[Excerpt] Today marks the 7-year anniversary of the Lilly Ledbetter Fair Pay Act, the first major piece of legislation President Obama signed into law. The Act extended the time period in which claimants can bring pay discrimination claims, enabling victims of pay discrimination to seek redress when they otherwise could not. In spite of this legislation and other actions taken by the Administration to support working women, a gap persists in the wages earned by men and women. In 2014, median earnings for a woman working full-time all year in the United States totaled only 79 percent of the median earnings of a man working full-time all year. Phrased differently, she earned 79 cents for every dollar that he earned.
By expanding the time period for filing pay discrimination claims, the Lilly Ledbetter Fair Pay Act changed the legal process around claims of gender discrimination, one of many factors contributing to the pay gap. For years Lilly Ledbetter was paid at least 15 percent less than the lowest-paid man in her equivalent position. She filed a lawsuit, which eventually reached the Supreme Court, but was not awarded damages due to the expiration of the statute of limitations for claims of that type.

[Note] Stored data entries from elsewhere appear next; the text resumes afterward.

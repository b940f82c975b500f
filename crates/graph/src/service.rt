// A worker's lookup and its writing of store and answer. Functions here take sequence numbers and no nodes.
ghost use Rattle.std.specs.Prelude.{◌≡◌, true, List, ℕ, ◌≤◌, length};
ghost use Rattle.std.proofs.Math.Option.{Option, some};
ghost use Rattle.command.specs.declared.Command.{Command as Cmd};
ghost use Rattle.command.specs.declared.Kind.TheVariants.{Insert, Read};
ghost use Rattle.model.specs.Service.{found_for, in_one_step, write_kind, write as writing};
ghost use Rattle.model.specs.Store.{Store};
ghost use Rattle.model.specs.Image.{image_length};
ghost use Rattle.store.specs.Lists.{store_of};
ghost use Rattle.graph.specs.Items.{item_of};
ghost use Rattle.graph.specs.Memory.{image_for, limit_after, Writes};

use command::{Command, Kind, Seq};
use image::write_image;

// What a lookup finds for a command: the chute of its item, 0 where there is none.
#[tactic(auto, unfolding(model::specs::Service::found_for))]
pub fn look_up(item: Option<Command>, keys: &[u64], chutes: &[u16], used: usize) -> u16
    ensures { result ≡ found_for (item_of item) (store_of keys.now chutes.now used) }
{
    match item {
        Some(command) if command.kind.has_item() => store::look_up(keys, chutes, used, command.key),
        _ => 0,
    }
}

// Whether a command is written in the step of its lookup: a read is, having nothing to write in the store.
#[tactic(auto, unfolding(model::specs::Service::in_one_step))]
pub fn in_one_step(item: Option<Command>) -> bool
    ensures { result ≡ in_one_step (item_of item) }
{
    item.is_some_and(|command| command.kind.is_read())
}

// What a write answers, and the count in use after it.
#[derive(Clone, Copy)]
pub struct Written {
    pub answer: u16,
    pub used: usize,
}

// The answer of a read after its lookup; the store stays.
#[tactic(auto, unfolding(model::specs::Service::write_kind))]
fn answer_of_read(found: u16) -> u16
    ensures { (capacity key chute : ℕ) (st : Store) → write_kind Read capacity key chute found st ≡ writing result st }
{
    if found == 0 {
        return 1002;
    }
    found
}

// The answer of an insert after its lookup: an item that was found gets the chute, else the store is changed where there is room.
#[tactic(auto, unfolding(model::specs::Service::write_kind))]
fn serve_insert(
    key: u64,
    chute: u16,
    found: u16,
    keys: &mut [u64],
    chutes: &mut [u16],
    used: usize,
) -> Written
    ensures { write_kind Insert (length keys.old) key chute found (store_of keys.old chutes.old used) ≡ writing result.answer (store_of keys.new chutes.new result.used) }
{
    if found != 0 {
        store::replace(keys, chutes, used, key, chute);
        return Written { answer: 1004, used };
    }
    if keys.len() <= used {
        return Written { answer: 1003, used };
    }
    let more = store::insert(keys, chutes, used, key, chute);
    Written {
        answer: 1000,
        used: more,
    }
}

// The answer of a command after its lookup, with the store changed as the command asks.
#[tactic(auto, unfolding(model::specs::Service::write_kind))]
fn serve(command: Command, found: u16, keys: &mut [u64], chutes: &mut [u16], used: usize) -> Written
    ensures { write_kind command.kind (length keys.old) command.key command.chute found (store_of keys.old chutes.old used) ≡ writing result.answer (store_of keys.new chutes.new result.used) }
{
    let kind = command.kind;
    match kind {
        Kind::Insert => serve_insert(command.key, command.chute, found, keys, chutes, used),
        Kind::Delete => {
            if found == 0 {
                return Written { answer: 1002, used };
            }
            let less = store::remove(keys, chutes, used, command.key);
            Written {
                answer: 1000,
                used: less,
            }
        }
        Kind::Read => {
            let answer = answer_of_read(found);
            Written { answer, used }
        }
        Kind::Update => {
            if found == 0 {
                return Written { answer: 1002, used };
            }
            store::replace(keys, chutes, used, command.key, command.chute);
            Written { answer: 1000, used }
        }
        Kind::Workers => Written { answer: 1000, used },
        Kind::Checkpoint => Written { answer: 1000, used },
    }
}

// Writes a command's answer, and the store where the command changes it; returns the count in use.
pub fn write(
    item: Option<Command>,
    place: Seq,
    found: u16,
    keys: &mut [u64],
    chutes: &mut [u16],
    answers: &mut [u16],
    used: usize,
) -> usize
    requires { (c : Cmd) → item_of item ≡ some c → (1 ≤ place.0) × (place.0 ≤ length answers.old) }
    ensures { Writes (item_of item) place.0 found keys.old chutes.old answers.old used keys.new chutes.new answers.new result }
{
    let Some(command) = item else {
        return used;
    };
    let written = serve(command, found, keys, chutes, used);
    answers[place.0 - 1] = written.answer;
    written.used
}

// Puts the store into the image, where the command is a checkpoint: before it is written, which leaves the store as it is.
#[tactic(auto, unfolding(model::specs::Service::image_after))]
pub fn save(
    item: Option<Command>,
    place: Seq,
    keys: &[u64],
    chutes: &[u16],
    used: usize,
    image: &mut [u8],
)
    requires { length image.old ≡ image_length (length keys.now) }
    ensures { image.new ≡ image_for (item_of item) (length keys.now) place.0 (store_of keys.now chutes.now used) image.old }
{
    if item.is_some_and(|command| command.kind.is_checkpoint()) {
        write_image(keys, chutes, used, place.0, image);
    }
}

// The worker count in force after a command is written.
pub fn limit_after(item: Option<Command>, limit: usize) -> usize
    ensures { result ≡ limit_after (item_of item) limit }
{
    item.map_or(limit, |command| command.count_after(limit))
}

// Writes the answer of a command that is written in the step of its lookup.
pub fn write_read(place: Seq, found: u16, answers: &mut [u16])
    requires { (1 ≤ place.0) × (place.0 ≤ length answers.old) }
    ensures { (item : Option Cmd) (keys chutes : List ℕ) (used : ℕ) → in_one_step item ≡ true → Writes item place.0 found keys chutes answers.old used keys chutes answers.new used }
{
    answers[place.0 - 1] = answer_of_read(found);
}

Her experience was the motivating factor behind the Lilly Ledbetter Fair Pay Act.
The gender wage gap has many causes and contributors, including differences in education, experience, occupation and industry, and family responsibilities. But even after accounting for these factors, a gap still remains between men’s earnings and women’s earnings. On the anniversary of this important legislation, this issue brief explores the state of the gender wage gap, the factors that influence it, and policy implications.